11/07/2009

Porque marcho no sábado por José Soeiro


Desde a primeira hora, apoio a Marcha do orgulho LGBT do Porto. Este ano, voltarei à rua com a mesma vontade com que marchei pela primeira vez, juntando a minha voz à de tantos e de tantas que têm feito esta luta e esta festa nos últimos anos.

E faço-o por motivos simples, razões sensatas que deveriam interpelar todos quantos se reconhecem na defesa dos direitos humanos, da diversidade e da felicidade.

Marcho porque o amor, o desejo, a atracção, o afecto, são sempre razões de celebração e só uma sociedade sem decência pode tomá-los como motivos de ódio ou de rancor.

Marcho porque todos têm direito a todos os direitos, e não quero viver numa cidade ou num país ou num mundo em que há grupos de pessoas que, por gostarem de alguém, ou por lutarem pela sua identidade de género, são excluídos de direitos básicos: o direito à identidade, o direito ao casamento, o direito a constituir famílias, o direito a ter e a tomar conta dos seus filhos, o direito a sentir-se livre e andar à vontade no trabalho ou na rua.

Marcho porque quero que se olhem as pessoas para além do que têm entre as pernas, que se goste das pessoas para além do que têm entre as pernas, que se avalie as pessoas pelo que são. E porque o direito à indiferença precisa, para existir, que se afirme primeiro que existem muitas formas diferentes de amar e de sentir - e elas não são para ser escondidas dentro das paredes de casa ou das sociabilidades clandestinas, mas para ser vividas plenamente no espaço público como no privado.

Marcho porque um Estado que não age contra a violência homofóbica e transfóbica - nas escolas, nos hospitais, na polícia, nas ruas ... - é cúmplice dessa mesma violência, seja ela simbólica ou física. E como o Estado é a representação da nossa comunidade politica, é a ele também que devemos exigir um combate firme contra a discriminação e uma prevenção decidida da ignorância (que é, afinal, a base de todo o preconceito).

Marcho porque a questão de gays e lésbicas e bissexuais e transgéneros, como as questões dos nossos direitos enquanto homens e mulheres, enquanto trabalhadores, enquanto precários, enquanto pensionistas ou enquanto estudantes, não são questões individuais. Tratam-se de direitos colectivos, que implicam mobilização e organização, que implicam afirmação e conflito.

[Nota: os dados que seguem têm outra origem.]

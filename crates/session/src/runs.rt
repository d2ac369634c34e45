// A whole run: a list of calls on a new session.
ghost use Rattle.std.specs.Prelude.{IfOk};
ghost use Rattle.law.specs.Runs.{CallLaw};
ghost use Rattle.session.specs.View.{view};
ghost use Rattle.session.specs.Runs.{call_of, reply_of, Ran};

use crate::faults::QuestionFault;
use crate::session::Session;
use crate::verdict::Verdict;
use clausal::faults::AddFault;
use modal::rule::Rule;
use oracle::Oracle;
use std::alloc::{AllocError, Global};

/// A call on a session: a rule to add, a question by the bits of the rules' numbers, or to forget.
#[derive(Drop)]
pub enum Call {
    Add(Rule),
    Question(u16),
    Forget,
}

/// What a call is answered.
#[derive(Clone, Copy, PartialEq, Eq, Debug)]
pub enum Reply {
    Added(Result<u8, AddFault>),
    Answered(Result<Verdict, QuestionFault>),
    Forgotten,
}

impl<O: Oracle> Session<O> {
    // Carries out a call.
    fn carry_out(&mut self, call: Call) -> Reply
        ensures { CallLaw (view O.Oracle.entries self.old) (call_of call) (reply_of result) (view O.Oracle.entries self.new) }
    {
        match call {
            Call::Add(rule) => Reply::Added(self.add(rule)),
            Call::Question(rules) => Reply::Answered(self.question(rules, &mut [])),
            Call::Forget => {
                self.forget();
                Reply::Forgotten
            }
        }
    }
}

/// Carries out the calls in their order on a new session over the oracle, and answers their replies. A question draws
/// nothing.
pub fn run<O: Oracle + Drop>(
    oracle: O,
    calls: Vec<Call>,
    heap: Global,
) -> Result<Vec<Reply>, AllocError>
    ensures { IfOk result (λ replies. Ran calls.items replies.items) }
{
    let mut session = Session::new(oracle);
    let mut replies = Vec::new(heap);
    for call in calls {
        replies.push(session.carry_out(call))?;
    }
    Ok(replies)
}
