//! A session: rules that are accepted over an oracle, and questions whether some of them hold together.
//!
//! It owns the numbers of the rules, what a question assumes and what its answer says, and it hands an oracle the
//! definitions of each rule. It relies on `naming` for the table of rules, on `engine` for the search of worlds and on
//! `law` for what any list of calls leaves true. It bears the promise `CallLaw` of `law` on each call, after any list of
//! calls, over any oracle. What a call does to any session stands in `specs/Effects.antt`.
//!
//! The calls on a session, in `session`:
//! - `Session::new`: a session without rules, whatever the oracle held
//! - `Session::add`: takes in a rule and answers its number
//! - `Session::question`: whether the rules asked hold together, with a drawing if they do
//! - `Session::forget`: drops all that was learnt
//! - `Session::write`: the bytes of a rule that is held
//!
//! A list of them, in `runs`:
//! - `run`: carries out the calls on a new session and answers their replies
//!
//! What they answer:
//! - `verdict::Verdict`: open, with the number of worlds, or closed, with a core
//! - `faults::QuestionFault`: why a question has no verdict
//! - `faults::RuleFault`: why a rule is not written
#![tactic(auto)]

mod asking;
mod defining;
pub mod faults;
pub mod runs;
pub mod session;
pub mod verdict;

Marcho porque a discriminação LGBT acentua as outras discriminações: as mulheres lésbicas são ainda mais vulneráveis que as outras, os trabalhadores homossexuais estão mais frágeis face à discriminação e ao abuso dos patrões, os imigrantes LGBT sofrem de duplas e triplas discriminações e cada discriminação torna a nossa vida mais precária e menos livre. Marcho sempre, em todas as marchas, contra todas as discriminações e todas as formas de exploração económica e de opressão social.

Marcho porque nenhum direito social, nenhum direito económico, nenhum direito humano foi gentilmente outorgado pelo poder. Pelo contrário, toda a nossa história enquanto humanidade nos mostra que eles são reconhecidos se forem arrancados pela afirmação das vozes que tentam ser caladas e dos grupos que se tenta invisibilizar. Marcho pela visibilidade e porque a rua é um lugar privilegiado da luta social e política.

Marcho porque este é também um ano de eleições e, assim, de clarificação e de assunção de responsabilidades. Porque não calo a minha indignação com o chumbo do casamento pela maioria que governa o país. E porque é hora de dizer que todos têm de ser consequentes e claros nas suas escolhas.

Marcho porque, nesta como noutras coisas, vamos construindo afectos e compromissos. E não me sentiria bem se ficasse em casa sabendo que no dia 11 de Julho as ruas do Porto serão lugar de celebração da luta contra a discriminação. Marcho porque sei que é ai, nesse dia, o meu lugar. E o teu.